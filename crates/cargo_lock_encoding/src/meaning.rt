//! What the values of a table mean: their format is determined, and their references are resolved.

ghost use Rattle.std.specs.Prelude.{◌≡◌, [], map, option_map};
ghost use Rattle.cargo_lock_parts.specs.Checksum.{digest_of};
ghost use Rattle.cargo_lock_parts.specs.Error.{Reads};
ghost use Rattle.cargo_lock_references.specs.declared.version.ResolveVersion.TheVariants.{V1};
ghost use Rattle.cargo_lock_encoding.specs.Meaning.{all_packages, listed_package, package_of};
ghost use Rattle.cargo_lock_encoding.specs.Meaning.{resolved_values, root_package};
ghost use Rattle.cargo_lock_encoding.specs.Lockfiles.{format_of};
ghost use Rattle.cargo_lock_parts.specs.Optional.{map_all, map_some};
ghost use Rattle.cargo_lock_references.specs.Records.{encoded_identity, texts_of};
ghost use Rattle.cargo_lock_references.specs.ResolutionSearch.{resolution_of};

use crate::values::EncodableLockfile;
use cargo_lock_parts::dependency::Dependency;
use cargo_lock_parts::error::Result;
use cargo_lock_parts::package::{Checksum, Package};
use cargo_lock_references::identified::{Identified, copy_source};
use cargo_lock_references::index::Indexed;
use cargo_lock_references::read_keys::ReadMetadata;
use cargo_lock_references::resolution::resolve_among;
use cargo_lock_references::version::format_of_values;
use cargo_lock_references::{EncodableDependency, EncodablePackage, Metadata, ResolveVersion};
use std::alloc::Global;
use std::marker::Model;

/// What is determined from the values of a table, with each reference resolved.
#[derive(Debug, Drop)]
pub struct Resolved {
    /// The format.
    pub version: ResolveVersion,

    /// The packages.
    pub packages: Vec<Package>,

    /// The root package.
    pub root: Option<Package>,
}

impl Model for Resolved {
    ghost use Rattle.cargo_lock_encoding.specs.Meaning.{ResolvedData};

    ghost Value = { ResolvedData };

    ghost view = { λ r. record {
      version = r.version;
      packages = r.packages.items;
      root = r.root;
    } };
}

/// What is determined from values: their format, and the packages and the root with each reference
/// resolved. In V1 the references are in full, and the checksums are those in the metadata. From V2
/// on the references of packages are resolved among the packages. Replacements and the references
/// of the root are in full in every format.
///
/// `Parse` means that the values have no format, or that a reference does not resolve. The other
/// error is `Memory`.
pub fn resolved_values(alloc: Global, values: &EncodableLockfile) -> Result<Resolved>
    ensures { Reads (λ r. r) result (resolved_values values.now) }
{
    let version = values.format(alloc)?;
    let packages = values.packages_in(alloc, version)?;
    let root = values.root_package(alloc)?;
    Ok(Resolved {
        version,
        packages,
        root,
    })
}

impl EncodableLockfile {
    fn format(&self, alloc: Global) -> Result<ResolveVersion>
        ensures { Reads (λ v. v) result (format_of self.now) }
    {
        format_of_values(alloc, self.version, self.package.as_slice(), &self.metadata)
    }

    fn packages_in(&self, alloc: Global, format: ResolveVersion) -> Result<Vec<Package>>
        ensures { Reads
            (λ v. v.items) result (all_packages format self.now.metadata self.now.packages) }
    {
        all_packages(alloc, format, &self.metadata, self.package.as_slice())
    }

    fn root_package(&self, alloc: Global) -> Result<Option<Package>>
        ensures { Reads (λ o. o) result (map_some root_package self.now.root) }
    {
        match &self.root {
            Some(encoded) => Ok(Some(root_package(alloc, encoded)?)),
            None => Ok(None),
        }
    }
}

// The packages of these encoded packages in this format, with each reference resolved. In V1 the
// references are in full, and the checksums are those in the metadata. From V2 on the references
// are resolved among the encoded packages. Replacements are in full in every format.
fn all_packages(
    alloc: Global,
    format: ResolveVersion,
    metadata: &Metadata,
    listed: &[EncodablePackage],
) -> Result<Vec<Package>>
    ensures { Reads
        (λ v. v.items) result (all_packages format (texts_of metadata.now.entries) listed.now) }
{
    match format {
        ResolveVersion::V1 => packages_in_full(alloc, metadata, listed),
        ResolveVersion::V2 | ResolveVersion::V3 | ResolveVersion::V4 => {
            packages_by_name(alloc, listed)
        }
    }
}

// The packages of V1: their references are in full, and the metadata has their checksums.
fn packages_in_full(
    alloc: Global,
    metadata: &Metadata,
    listed: &[EncodablePackage],
) -> Result<Vec<Package>>
    ensures { Reads
        (λ v. v.items) result
        (map_all (listed_package V1 [] (texts_of metadata.now.entries)) listed.now) }
{
    let read = ReadMetadata::of(alloc, metadata)?;
    each_in_full(alloc, &read, listed)
}

fn each_in_full(
    alloc: Global,
    metadata: &ReadMetadata<'_>,
    listed: &[EncodablePackage],
) -> Result<Vec<Package>>
    ensures { Reads (λ v. v.items) result (map_all (listed_package V1 [] metadata.now) listed.now) }
{
    let mut found = Vec::with_capacity(alloc, listed.len())?;
    for encoded in listed {
        let package = package_in_full(alloc, metadata, encoded)?;
        found.push(package)?;
    }
    Ok(found)
}

fn package_in_full(
    alloc: Global,
    metadata: &ReadMetadata<'_>,
    encoded: &EncodablePackage,
) -> Result<Package>
    ensures { Reads (λ p. p) result (listed_package V1 [] metadata.now encoded.now) }
{
    let checksum = metadata.checksum(&encoded.name, &encoded.version)?;
    with_references(alloc, encoded, checksum, &Indexed::empty(alloc))
}

// The packages from V2 on: their references are resolved by name, and they have their checksums.
fn packages_by_name(alloc: Global, listed: &[EncodablePackage]) -> Result<Vec<Package>>
    ensures { Reads (λ v. v.items) result
        (map_all (λ e. package_of (map encoded_identity listed.now) e.checksum e) listed.now) }
{
    let list = Indexed::of(alloc, listed)?;
    each_by_name(alloc, listed, &list)
}

fn each_by_name<'a>(
    alloc: Global,
    listed: &'a [EncodablePackage],
    list: &Indexed<'a, EncodablePackage>,
) -> Result<Vec<Package>>
    ensures { Reads (λ v. v.items) result
        (map_all (λ e. package_of (map encoded_identity list.now) e.checksum e) listed.now) }
{
    let mut packages = Vec::with_capacity(alloc, listed.len())?;
    for encoded in listed {
        let package = with_references(alloc, encoded, own_checksum(encoded), list)?;
        packages.push(package)?;
    }
    Ok(packages)
}

// The package of the root, whose references are in full in every format.
fn root_package(alloc: Global, encoded: &EncodablePackage) -> Result<Package>
    ensures { Reads (λ p. p) result (root_package encoded.now) }
{
    let checksum = own_checksum(encoded);
    with_references(alloc, encoded, checksum, &Indexed::empty(alloc))
}

fn own_checksum(encoded: &EncodablePackage) -> Option<Checksum>
    ensures { option_map digest_of result ≡ encoded.now.checksum }
{
    encoded.checksum
}

// The package of an encoded package, with its references resolved in this list.
fn with_references<'a>(
    alloc: Global,
    encoded: &'a EncodablePackage,
    checksum: Option<Checksum>,
    list: &Indexed<'a, EncodablePackage>,
) -> Result<Package>
    ensures { Reads (λ p. p) result
        (package_of (map encoded_identity list.now) (option_map digest_of checksum) encoded.now) }
{
    let dependencies = resolve_all(alloc, encoded.dependencies.as_slice(), list)?;
    let replace = resolve_some(alloc, &encoded.replace)?;
    Ok(Package {
        name: encoded.name.clone()?,
        version: encoded.version.clone()?,
        source: copy_source(encoded.source())?,
        checksum,
        dependencies,
        replace,
    })
}

fn resolve_all<'a>(
    alloc: Global,
    references: &'a [EncodableDependency],
    list: &Indexed<'a, EncodablePackage>,
) -> Result<Vec<Dependency>>
    ensures { Reads
        (λ v. v.items)
        result (map_all (λ f. resolution_of f (map encoded_identity list.now)) references.now) }
{
    let mut dependencies = Vec::with_capacity(alloc, references.len())?;
    for reference in references {
        let dependency = resolve_among(alloc, reference, list)?;
        dependencies.push(dependency)?;
    }
    Ok(dependencies)
}

fn resolve_some(
    alloc: Global,
    reference: &Option<EncodableDependency>,
) -> Result<Option<Dependency>>
    ensures { Reads (λ o. o) result (map_some (λ f. resolution_of f []) reference.now) }
{
    match reference {
        Some(reference) => Ok(Some(resolve_among(alloc, reference, &Indexed::empty(alloc))?)),
        None => Ok(None),
    }
}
----------------
*PROBLEM DESCRIPTION*: Reproducing the whole listing above is not the task. Copy exactly only the lines from the one with "let mut packages" to the one with "in this list.", both kept.

*RESULT*:
    let mut packages = Vec::with_capacity(alloc, listed.len())?;
    for encoded in listed {
        let package = with_references(alloc, encoded, own_checksum(encoded), list)?;
        packages.push(package)?;
    }
    Ok(packages)
}

// The package of the root, whose references are in full in every format.
fn root_package(alloc: Global, encoded: &EncodablePackage) -> Result<Package>
    ensures { Reads (λ p. p) result (root_package encoded.now) }
{
    let checksum = own_checksum(encoded);
    with_references(alloc, encoded, checksum, &Indexed::empty(alloc))
}

fn own_checksum(encoded: &EncodablePackage) -> Option<Checksum>
    ensures { option_map digest_of result ≡ encoded.now.checksum }
{
    encoded.checksum
}

// The package of an encoded package, with its references resolved in this list.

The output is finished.